### Assignment
The answer must be every line below that holds the word "ConfigOf".

### Dataset entries
- Opening Delimiter -

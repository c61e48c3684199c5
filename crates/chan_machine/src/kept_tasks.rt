//! The tasks of a configuration.
ghost use Rattle.std.specs.Prelude.{◌≡◌, IfOk};
ghost use Rattle.std.specs.Option.{option_map};
ghost use Rattle.std.specs.Ordering.{nat_cmp};
ghost use Rattle.std.specs.Cmp.Lexicographic.{slice_cmp};
ghost use Rattle.std.specs.FinMap.{keys};
ghost use Rattle.core_programs.specs.declared.nodes.Parts.{Parts};
ghost use Rattle.task_tables.specs.Tables.{looked_up};
ghost use Rattle.chan_machine.specs.Reading.{config_of};

use crate::configurations::Config;
use chan_base::{Memory, Name, Names};
use machine_tasks::Frames;
use std::alloc::Global;

impl Config {
    /// The frames of the task, where one with this name was made.
    pub fn frames(&self, task: &Name) -> Option<&Frames>
        ensures { option_map (λ frames. frames.now) result ≡ option_map (λ t. t.frames) (looked_up (slice_cmp nat_cmp) self.now.tasks task.now) }
    {
        match self.tasks.get(task, 0) {
            Some(task) => Some(task.frames()),
            None => None,
        }
    }

    /// The names of the tasks in order, ended ones too.
    pub fn tasks(&self, alloc: Global) -> Result<Names, Memory>
        ensures { IfOk result (λ names. (program : Parts) → names ≡ keys (config_of program self.now).tasks) }
    {
        let names = self.tasks.names(alloc)?;
        Ok(names)
    }
}
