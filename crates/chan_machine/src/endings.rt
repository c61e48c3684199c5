//! How a run ends.
ghost use Rattle.std.specs.Prelude.{◌≡◌, ◌&&◌, not, filter, IfOk};
ghost use Rattle.core_language.specs.Configurations.{Config as ConfigOf};
ghost use Rattle.core_language.specs.Endings.{Ending as EndingOf, blocked as blocked_of, ending_of, is_nil, unended as unended_of};
ghost use Rattle.core_language.specs.Rounds.{moves};
ghost use Rattle.core_programs.specs.Bodies.{program_of};
ghost use Rattle.chan_machine.specs.Faulting.{fault_or, first_fault, faulted_or, or_else};
ghost use Rattle.chan_machine.specs.Fits.{Fits};
ghost use Rattle.chan_machine.specs.Reading.{config_of, ending_as, step_of};

use crate::configurations::Config;
use crate::events::{Ending, Stepped};
use crate::looks::{can_move, look};
use chan_base::{Memory, Name, Names};
use core_programs::Program;
use machine_tasks::Halt;
use std::alloc::Global;

/// An ending that the next step of one task brings.
#[derive(Clone, Copy)]
pub(crate) enum Fault {
    Stuck,
    Range,
    Depth,
}

/// The ending that such a step of the task brings.
fn brought(fault: Fault, stepped: Stepped, name: Name) -> Option<Ending>
    ensures { (C : ConfigOf) (other : EndingOf) → fault_or fault name (step_of C stepped) other ≡ or_else result other }
{
    match fault {
        Fault::Stuck => match stepped {
            Stepped::Stuck(why) => Some(Ending::Stuck(name, why)),
            _ => None,
        },
        Fault::Range => match stepped {
            Stepped::Halts(Halt::Range) => Some(Ending::Range(name)),
            _ => None,
        },
        Fault::Depth => match stepped {
            Stepped::Halts(Halt::Depth) => Some(Ending::Depth(name)),
            _ => None,
        },
    }
}

/// The ending of this kind that the first of the tasks brings.
fn first(
    alloc: Global,
    program: &Program,
    config: &Config,
    names: &Names,
    fault: Fault,
) -> Result<Option<Ending>, Memory>
    requires fits { Fits program.now config.now }
    ensures { IfOk result (λ found. (other : EndingOf)
        → first_fault fault (program_of program.now) (config_of program.now config.now) names.now other ≡ or_else found other) }
{
    for name in names.as_slice() {
        let stepped = look(alloc, program, config, name)?;
        let copy = name.copy()?;
        if let Some(ending) = brought(fault, stepped, copy) {
            return Ok(Some(ending));
        }
    }
    Ok(None)
}

/// Whether one of the tasks moves.
fn any_moves(program: &Program, config: &Config, names: &Names) -> bool
    requires fits { Fits program.now config.now }
    ensures { result ≡ not (is_nil (filter (moves (program_of program.now) (config_of program.now config.now)) names.now)) }
{
    for name in names.as_slice() {
        if can_move(program, config, name, 0) {
            return true;
        }
    }
    false
}

/// The tasks that have not ended, in the order of their names.
fn unended(alloc: Global, program: &Program, config: &Config) -> Result<Names, Memory>
    ensures { IfOk result (λ names. names ≡ unended_of (config_of program.now config.now)) }
{
    let names = config.tasks.unended(alloc)?;
    Ok(names)
}

/// The ending that the first stuck task brings; else the first that computes a number out of
/// range; else the first that forks too deep.
fn faulted(
    alloc: Global,
    program: &Program,
    config: &Config,
    names: &Names,
) -> Result<Option<Ending>, Memory>
    requires fits { Fits program.now config.now }
    ensures { IfOk result (λ found. (other : EndingOf)
        → faulted_or (program_of program.now) (config_of program.now config.now) names.now other ≡ or_else found other) }
{
    if let Some(ending) = first(alloc, program, config, names, Fault::Stuck)? {
        return Ok(Some(ending));
    }
    if let Some(ending) = first(alloc, program, config, names, Fault::Range)? {
        return Ok(Some(ending));
    }
    let ending = first(alloc, program, config, names, Fault::Depth)?;
    Ok(ending)
}

fn are_none(tasks: &Names, channels: &Names) -> bool
    ensures { result ≡ (is_nil tasks.now && is_nil channels.now) }
{
    tasks.is_empty() && channels.is_empty()
}

/// The ending where no task moves.
fn blocked(tasks: Names, channels: Names) -> Ending
    ensures { ending_as result ≡ blocked_of tasks channels }
{
    if tasks.is_empty() {
        Ending::Leaked(channels)
    } else {
        Ending::Deadlocked(tasks)
    }
}

/// How a run ends that has come to this configuration.
pub(crate) fn ending(alloc: Global, program: &Program, config: &Config) -> Result<Ending, Memory>
    requires fits { Fits program.now config.now }
    ensures { IfOk result (λ ending. ending_as ending ≡ ending_of (program_of program.now) (config_of program.now config.now)) }
{
    let waiting = unended(alloc, program, config)?;
    let channels = config.channels(alloc)?;
    if are_none(&waiting, &channels) {
        return Ok(Ending::Finished);
    }
    let names = config.tasks(alloc)?;
    if let Some(ending) = faulted(alloc, program, config, &names)? {
        return Ok(ending);
    }
    if any_moves(program, config, &names) {
        return Ok(Ending::Rounds);
    }
    Ok(blocked(waiting, channels))
}
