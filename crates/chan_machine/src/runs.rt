//! A run so far, and who may move in it.
use crate::configurations::Config;
use crate::events::Entries;
use chan_base::Name;
use std::collections::BTreeMap;

/// A task in the queue: its name, and its number in the table of tasks, by which it is found there without
/// a search.
#[derive(Drop)]
pub(crate) struct Seat {
    pub(crate) name: Name,
    pub(crate) number: usize,
}

/// For each channel the tasks that wait there.
pub(crate) type Waiting = BTreeMap<Name, Vec<Seat>>;

/// Tasks that join in a round, with their numbers.
pub(crate) type Joined = BTreeMap<Name, usize>;

/// A configuration, and the entries up to it.
#[derive(Drop)]
pub(crate) struct Run {
    pub(crate) config: Config,
    pub(crate) entries: Entries,
}

/// Who may move in the next round, and who waits at which channel: every task that can make a step is
/// ready, and any other one is ready, or waits at the channel at which its next act looks, or looks at
/// none (`IsQueue`).
///
/// The ready tasks stand in the order of their names, each once. At the head of a round those that can't
/// move leave: such a task waits at its channel from then on, or stands nowhere where its act looks at
/// none, since no other task can move it. The others, the movers, get a turn in that order, and stay.
/// While they do, tasks join: who was forked, and who waits at the channel that a turn made, filled or
/// took away, and leaves it. Who joined moves in the next round and not in this one.
#[derive(Drop)]
pub(crate) struct Queue {
    pub(crate) ready: Vec<Seat>,
    pub(crate) waiting: Waiting,
}

/// The queue without the movers, while they have their turns: who joined so far, and who waits.
#[derive(Drop)]
pub(crate) struct Joining {
    pub(crate) joined: Joined,
    pub(crate) waiting: Waiting,
}
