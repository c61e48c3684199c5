//! Sends, receives and forks of a configuration.
ghost use Rattle.std.specs.Prelude.{◌≡◌, false, Some, None, IsSome, IfOk, OnOk, OnErr};
ghost use Rattle.std.specs.Option.{option_map};
ghost use Rattle.std.specs.Ordering.{nat_cmp};
ghost use Rattle.std.specs.Cmp.Lexicographic.{slice_cmp};
ghost use Rattle.std.specs.BTreeMap.{Updates, get as looked_up};
ghost use Rattle.std.specs.FinMap.{get, insert};
ghost use Rattle.machine_values.specs.Cells.{EndTest};
ghost use Rattle.machine_values.specs.Reading.{value_as};
ghost use Rattle.machine_tasks.specs.declared.tasks.Task.{Task};
ghost use Rattle.machine_tasks.specs.Kinds.{Fork, Send, Recv};
ghost use Rattle.machine_tasks.specs.Sharing.{IsFork, IsRecv, IsSend};
ghost use Rattle.chan_machine.specs.Reading.{config_of, map_of};
ghost use Rattle.chan_machine.specs.Ends.{ConfigPasses, NoNewCells};
ghost use Rattle.chan_machine.specs.Fits.{ActsAt, Fits, ForksAt, RoomAt, is_moved};
ghost use Rattle.chan_machine.specs.Looking.{AnswersAt, AnswersOn};

use crate::configurations::Config;
use crate::events::{Event, Stepped};
use crate::steps::fill;
use chan_base::{Memory, Name, Number};
use core_programs::Program;
use machine_tasks::{Bind, Offspring, Parcel, Slot, StuckWhy, Task, Value};
use std::alloc::Global;
use std::collections::BTreeMap;
use task_tables::TaskTable;

/// The step of a task whose act is a send on the channel.
pub(crate) fn send(
    alloc: Global,
    program: &Program,
    config: &mut Config,
    name: &Name,
    guess: usize,
    channel: Name,
) -> Result<Stepped, Memory>
    requires fits { Fits program.now config.old }
    requires there { IsSome (get config.old.tasks name.now) }
    requires act { ActsAt IsSend program.now config.old.tasks name.now }
    ensures value { IfOk result (λ s. AnswersOn Send program.now config.old config.new name.now channel s) }
    ensures still { IfOk result (λ s. is_moved s ≡ false → config_of program.now config.new ≡ config_of program.now config.old) }
    ensures err { OnErr result (config_of program.now config.new ≡ config_of program.now config.old) }
    ensures fits { Fits program.now config.new }
    ensures ends { OnOk result ((test : EndTest) → ConfigPasses test config.old → ConfigPasses test config.new) }
{
    let Some(task) = config.tasks.get(name, guess) else {
        unreachable!();
    };
    let Parcel { value, next } = task.parcel(alloc, program)?;
    match config.channels.get(&channel) {
        None => Ok(Stepped::Stuck(StuckWhy::NoChannel)),
        Some(Some(_)) => Ok(Stepped::Stuck(StuckWhy::FullChannel)),
        Some(None) => {
            fill(&mut config.channels, &channel, value);
            config.tasks.move_on(program, name, guess, next);
            Ok(Stepped::Moved(Event::Send(channel)))
        }
    }
}

/// The step of a task, with room for one more variable, whose act is a receive on the channel.
pub(crate) fn receive(
    program: &Program,
    config: &mut Config,
    name: &Name,
    guess: usize,
    channel: Name,
) -> Result<Stepped, Memory>
    requires fits { Fits program.now config.old }
    requires there { IsSome (get config.old.tasks name.now) }
    requires act { ActsAt IsRecv program.now config.old.tasks name.now }
    requires room { RoomAt config.old.tasks name.now }
    ensures value { IfOk result (λ s. AnswersOn Recv program.now config.old config.new name.now channel s) }
    ensures still { IfOk result (λ s. is_moved s ≡ false → config_of program.now config.new ≡ config_of program.now config.old) }
    ensures err { OnErr result (config_of program.now config.new ≡ config_of program.now config.old) }
    ensures fits { Fits program.now config.new }
    ensures ends { OnOk result ((test : EndTest) → ConfigPasses test config.old → ConfigPasses test config.new) }
{
    let Some(task) = config.tasks.get(name, guess) else {
        unreachable!();
    };
    let Slot {
        name: variable,
        next,
    } = task.slot(program)?;
    match config.channels.get(&channel) {
        None => Ok(Stepped::Stuck(StuckWhy::NoChannel)),
        Some(None) => Ok(Stepped::Waits(channel)),
        Some(Some(_)) => match config.channels.remove(&channel) {
            Some(Some(value)) => {
                let bind = Bind {
                    name: variable,
                    value,
                };
                config.tasks.accept(program, name, guess, bind, next);
                Ok(Stepped::Moved(Event::Recv(channel)))
            }
            _ => unreachable!(),
        },
    }
}

/// The channel, which is there, as it was before.
fn restore(channels: &mut BTreeMap<Name, Option<Value>>, name: Name, old: Option<Option<Value>>)
    requires { IsSome (looked_up (slice_cmp nat_cmp) channels.old name) }
    ensures { Updates (slice_cmp nat_cmp) channels.old channels.new name old }
{
    match old {
        Some(value) => {
            let _there = channels.insert(name, value);
        }
        None => {
            let _gone = channels.remove(&name);
        }
    }
}

/// Puts a task and an Empty channel of its name, or neither.
fn put_child(
    tasks: &mut TaskTable,
    channels: &mut BTreeMap<Name, Option<Value>>,
    child: Task,
    names: (Name, Name),
) -> Result<(), Memory>
    requires first { names.0 ≡ child.name }
    requires second { names.1 ≡ child.name }
    ensures tasks { OnOk result (tasks.new ≡ insert tasks.old child.name child) }
    ensures channels { OnOk result (Updates (slice_cmp nat_cmp) channels.old channels.new child.name (Some None)) }
    ensures err_tasks { OnErr result (tasks.new ≡ tasks.old) }
    ensures err_channels { OnErr result (map_of (option_map value_as) channels.new ≡ map_of (option_map value_as) channels.old) }
{
    let (channel, spare) = names;
    let old = channels.insert(channel, None)?;
    match tasks.put(child) {
        Ok(()) => Ok(()),
        Err(_) => {
            restore(channels, spare, old);
            Err(Memory)
        }
    }
}

/// The step of a task, with room for one more variable, whose act is a fork.
pub(crate) fn fork(
    alloc: Global,
    program: &Program,
    config: &mut Config,
    name: &Name,
    guess: usize,
) -> Result<Stepped, Memory>
    requires fits { Fits program.now config.old }
    requires there { IsSome (get config.old.tasks name.now) }
    requires act { ActsAt IsFork program.now config.old.tasks name.now }
    requires room { RoomAt config.old.tasks name.now }
    requires forks { ForksAt config.old.tasks name.now }
    ensures value { IfOk result (λ s. AnswersAt Fork program.now config.old config.new name.now s) }
    ensures still { IfOk result (λ s. is_moved s ≡ false → config_of program.now config.new ≡ config_of program.now config.old) }
    ensures err { OnErr result (config_of program.now config.new ≡ config_of program.now config.old) }
    ensures fits { Fits program.now config.new }
    ensures ends { OnOk result (NoNewCells config.old config.new) }
{
    let Some(task) = config.tasks.get(name, guess) else {
        unreachable!();
    };
    let made = task.offspring(alloc, program, Number(0))?;
    let Offspring { child, end, next } = made;
    let channel = child.name().copy()?;
    let spare = child.name().copy()?;
    let event = child.name().copy()?;
    let names = (channel, spare);
    put_child(&mut config.tasks, &mut config.channels, child, names)?;
    config.tasks.branch(program, name, guess, end, next);
    Ok(Stepped::Moved(Event::Fork(event)))
}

- Closing Delimiter -

### Task solution
ghost use Rattle.core_language.specs.Configurations.{Config as ConfigOf};
    ensures { (C : ConfigOf) (other : EndingOf) → fault_or fault name (step_of C stepped) other ≡ or_else result other }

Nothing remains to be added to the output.